Interactive stories are a something I find interesting. I apologize for what follows.
Dear Esther is less of a game, and more of a story. It is interactive, but your actions have no effect on the story. The story is conveyed partially through the narrator, and has some added nuance through details in the scenery.
Heavy Rain is a interactive story, in the sense that there is a story, and your actions affect it. It's certainly the the most well known of those types of games, recently. (Though David Cage et all have a new game coming out next week). The thing is, while it's almost certainly the game with the best production quality, it's not particularly great. In Heavy Rain, you don't make meaningful choices. One could argue that you don't make choices at all.
During the game, you look for clues. Roughly, the plot of the game is that you look for clues, you find them or you fail to, and then you go look for another clue, until time runs out and the game wraps up and ends. It's not presented to you as a choice. You need to find the kid, and you need clues to do that. There's no reason you would want to purposefully miss a clue, so the only way that happens is when you screw up. The most important "choices" you make aren't choices, they're just penalties for overlooking something or screwing up a quick-time event.
In a linear story, each plot point leads to the next. e.g. P1 -> P2 -> P3, until the end of the book. In an interactive story, the plot branches, obviously. The more choices a player has, the more interactive the story appears. The problem is, we can't actually give the player infinite choices, since obviously it's impossible to write code to deal with every possible choice a player may make. We don't have anything that can handle the interactions necessary to make the game a sandbox and let the player run wild. Instead, you end up with things like Mass Effect, where the game tracks things like your reputation, previous dialog choices with NPCs, etc. They try to make NPCs react to you in an interactive and organic way, but your interactions are still governed by the limitations of the game.

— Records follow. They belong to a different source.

//! Expressions: names with their selections, constants, and concatenations in braces.
ghost use Rattle.std.specs.Prelude.{◌≡◌, ◌<◌, ◌≤◌, OnOk, length, map};
ghost use Rattle.text_defs.specs.Grammar.{read};
ghost use Rattle.net_text.specs.NetlistGrammar.{selected, selected_name, constant, operand, nested, unlined, concatenation, comma_list};
ghost use Rattle.text_streams.specs.Answers.{Answers, Gives, with_front};
ghost use Rattle.net_text.specs.CommaLists.{further, comma_then};
ghost use Rattle.net_text.specs.ParserViews.{lined_view, alone};

use crate::classes::NetClass;
use crate::phrases::{name, selection_option};
use crate::runs;
use crate::tokens::Tokens;
use pw_defs::{Expr, List, Name};
use std::alloc::Global;
use text_streams::Stop;

/// An expression, and the line of its first token.
#[derive(Drop)]
pub struct ExprAt {
    pub expr: Expr,
    pub line: u32,
}

/// A name, or a part of it.
fn selected(name: Name, selection: Option<(u32, Option<u32>)>) -> Expr
    ensures { result ≡ selected name selection }
{
    match selection {
        None => Expr::Whole(name),
        Some((place, None)) => Expr::Bit(name, place),
        Some((left, Some(right))) => Expr::Part(name, left, right),
    }
}

/// A name that stands alone, with a selection or none.
#[tactic(auto, unfolding(text_defs::specs::Grammar::read))]
fn selected_name(alloc: Global, tokens: &mut Tokens<'_>) -> Result<ExprAt, Stop>
    ensures answers { Answers lined_view selected_name tokens.old result tokens.new }
    ensures shorter { OnOk result (length tokens.new < length tokens.old) }
{
    let name = name(tokens)?;
    let text = Name::from_slice(alloc, name.text)?;
    let selection = selection_option(tokens)?;
    Ok(ExprAt {
        expr: selected(text, selection),
        line: name.line,
    })
}

/// A constant, of which the width counts.
#[tactic(auto, unfolding(text_defs::specs::Grammar::read))]
fn constant(tokens: &mut Tokens<'_>) -> Result<ExprAt, Stop>
    ensures answers { Answers lined_view constant tokens.old result tokens.new }
    ensures shorter { OnOk result (length tokens.new < length tokens.old) }
{
    let word = tokens.one(NetClass::Constant)?;
    let width = runs::number_of(runs::digits_at(word.text));
    Ok(ExprAt {
        expr: Expr::Const(width),
        line: word.line,
    })
}

/// A name that stands alone, or a constant.
#[tactic(auto, unfolding(text_defs::specs::Grammar::read))]
fn operand(alloc: Global, tokens: &mut Tokens<'_>) -> Result<ExprAt, Stop>
    ensures answers { Answers lined_view operand tokens.old result tokens.new }
    ensures shorter { OnOk result (length tokens.new < length tokens.old) }
{
    if tokens.is_next(NetClass::Name) {
        return selected_name(alloc, tokens);
    }
    constant(tokens)
}

/// What may stand alone: constants only where they are allowed.
fn alone(alloc: Global, tokens: &mut Tokens<'_>, constants: bool) -> Result<ExprAt, Stop>
    ensures answers { Answers lined_view (alone constants) tokens.old result tokens.new }
    ensures shorter { OnOk result (length tokens.new < length tokens.old) }
{
    if constants {
        return operand(alloc, tokens);
    }
    selected_name(alloc, tokens)
}

/// What may stand alone, or such things in braces that nest no more than `depth` deep.
#[cycle(nested)]
pub fn nested(
    alloc: Global,
    tokens: &mut Tokens<'_>,
    constants: bool,
    depth: u32,
) -> Result<ExprAt, Stop>
    ensures answers { Answers lined_view (nested (alone constants) depth) tokens.old result tokens.new }
    ensures shorter { OnOk result (length tokens.new < length tokens.old) }
{
    if depth == 0 {
        return alone(alloc, tokens, constants);
    }
    if !tokens.is_next(NetClass::LeftBrace) {
        return alone(alloc, tokens, constants);
    }
    concatenation(alloc, tokens, constants, depth - 1)
}

/// Expressions between braces.
#[cycle(nested)]
#[tactic(auto, unfolding(text_defs::specs::Grammar::read))]
fn concatenation(
    alloc: Global,
    tokens: &mut Tokens<'_>,
    constants: bool,
    depth: u32,
) -> Result<ExprAt, Stop>
    ensures answers { Answers lined_view (concatenation (nested (alone constants) depth)) tokens.old result tokens.new }
    ensures shorter { OnOk result (length tokens.new < length tokens.old) }
{
    let brace = tokens.one(NetClass::LeftBrace)?;
    let parts = parts(alloc, tokens, constants, depth)?;
    tokens.one(NetClass::RightBrace)?;
    Ok(ExprAt {
        expr: Expr::Join(parts),
        line: brace.line,
    })
}

/// A part of a concatenation.
#[cycle(nested)]
#[tactic(auto, unfolding(text_defs::specs::Grammar::read))]
fn part(alloc: Global, tokens: &mut Tokens<'_>, constants: bool, depth: u32) -> Result<Expr, Stop>
    ensures answers { Answers (λ e. e) (unlined (nested (alone constants) depth)) tokens.old result tokens.new }
    ensures shorter { OnOk result (length tokens.new < length tokens.old) }
{
    let part = nested(alloc, tokens, constants, depth)?;
    Ok(part.expr)
}

/// The list between braces.
#[cycle(nested)]
fn parts(
    alloc: Global,
    tokens: &mut Tokens<'_>,
    constants: bool,
    depth: u32,
) -> Result<List<Expr>, Stop>
    ensures answers { Answers (λ l. l) (comma_list (unlined (nested (alone constants) depth))) tokens.old result tokens.new }
    ensures shorter { OnOk result (length tokens.new < length tokens.old) }
{
    let first = part(alloc, tokens, constants, depth)?;
    let mut all = List::new(alloc);
    all.push(first)?;
    more_parts(alloc, tokens, constants, depth, all)
}

/// The further parts behind a first one.
#[cycle(nested)]
fn more_parts(
    alloc: Global,
    tokens: &mut Tokens<'_>,
    constants: bool,
    depth: u32,
    parts: List<Expr>,
) -> Result<List<Expr>, Stop>
    requires { length parts ≡ 1 }
    ensures answers { Gives (map (λ e. e)) (with_front (map (λ e. e) parts) (read (further (unlined (nested (alone constants) depth))) tokens.old)) result tokens.new }
    ensures longer { OnOk result (length tokens.new ≤ length tokens.old) }
{
    let mut all = parts;
    while tokens.is_next(NetClass::Comma) {
        if all.len() == u32::MAX {
            return Err(Stop::Memory);
        }
        let part = comma_part(alloc, tokens, constants, depth)?;
        all.push(part)?;
    }
    Ok(all)
}

/// A further part, behind a comma.
#[cycle(nested)]
#[tactic(auto, unfolding(text_defs::specs::Grammar::read))]
fn comma_part(
    alloc: Global,
    tokens: &mut Tokens<'_>,
    constants: bool,
    depth: u32,
) -> Result<Expr, Stop>
    ensures answers { Answers (λ e. e) (comma_then (unlined (nested (alone constants) depth))) tokens.old result tokens.new }
    ensures shorter { OnOk result (length tokens.new < length tokens.old) }
{
    tokens.one(NetClass::Comma)?;
    part(alloc, tokens, constants, depth)
}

Convergence is a trick used to give the illusion of choice. Rather than write several different plots, for each choice you make, the authors will write a few lines of dialog seperately for the choice you made, and then throw you back into the same plot line as everyone else. If, say, you choose to kill the sympathetic antagonist mini-boss, you get a line about how he had it coming, and if you spare his life, you get some line about how merciful and compassionate you are. And then the plot progresses. The longer the game lets you believe the plot is solely about the outcome of your choice, the plot feels interactive. Often you can see this in plot missions:
I'm sure you're also familiar with stories with multiple endings. Choose your own adventure books have them, the movie Clue has them, binary morality system games like Infamous have them. They change the narrative of the fiction, but they don't always do a great job at making it interactive. For example, right at the end of the game, Bastion had a choice. It changed the outcome of the story, sure, but it was a little lazy: nothing you did up to that point affected the outcome. No one would call it an interactive story game. Similarly, Infamous gives you an ending based on your morality. If you were evil, you get the evil ending. It feels better, because it's tied to your actions in the game, but it's also not really very interactive: the plot is the same all the way up until that point.
Heavy Rain basically just has multiple endings. All that happens when you fail to find a clue is that the scene ends early and moves you on to the next one. Occasionally, you might skip a future scene or get an extra scene depending on your outcome. It's really an extraordinarily linear game with a few multiple endings (mostly decided on a few quick-time events in the last twenty minutes.)
If you really like interactive stories, you should look to text adventures (often called interactive fiction). [IFComp](www.ifcomp.org) is a good place to start, as is Brass Lantern, and aeontech recommended Emily Short's blog here about a year ago. One of the major reasons modern games don't have many choices is because of the high cost of adding a choice. Writing it, scripting a new cutscene, recording voices all costs money. Interactive fiction have some of the most complex choices, because they don't have to deal with that; the cost to add new choices and new scenes is minimized.
If you're interested in some theory about interactive stories, I'd highly encourage you to read the book Chris Crawford on Interactive Storytelling. I read it sometime when I was in elementary school, for fun, and it's remained one of the more interesting books I've ever read. Here's a review of it.
By the way, no "interactive story game" will ever be as interactive a story as can be told with actual human interaction, such as Dungeons and Dragons or free form role-playing and storytelling.
Façade might come close though, it's probably the closest thing I've seen to organic, unlimited choices, while still being something resembling a game.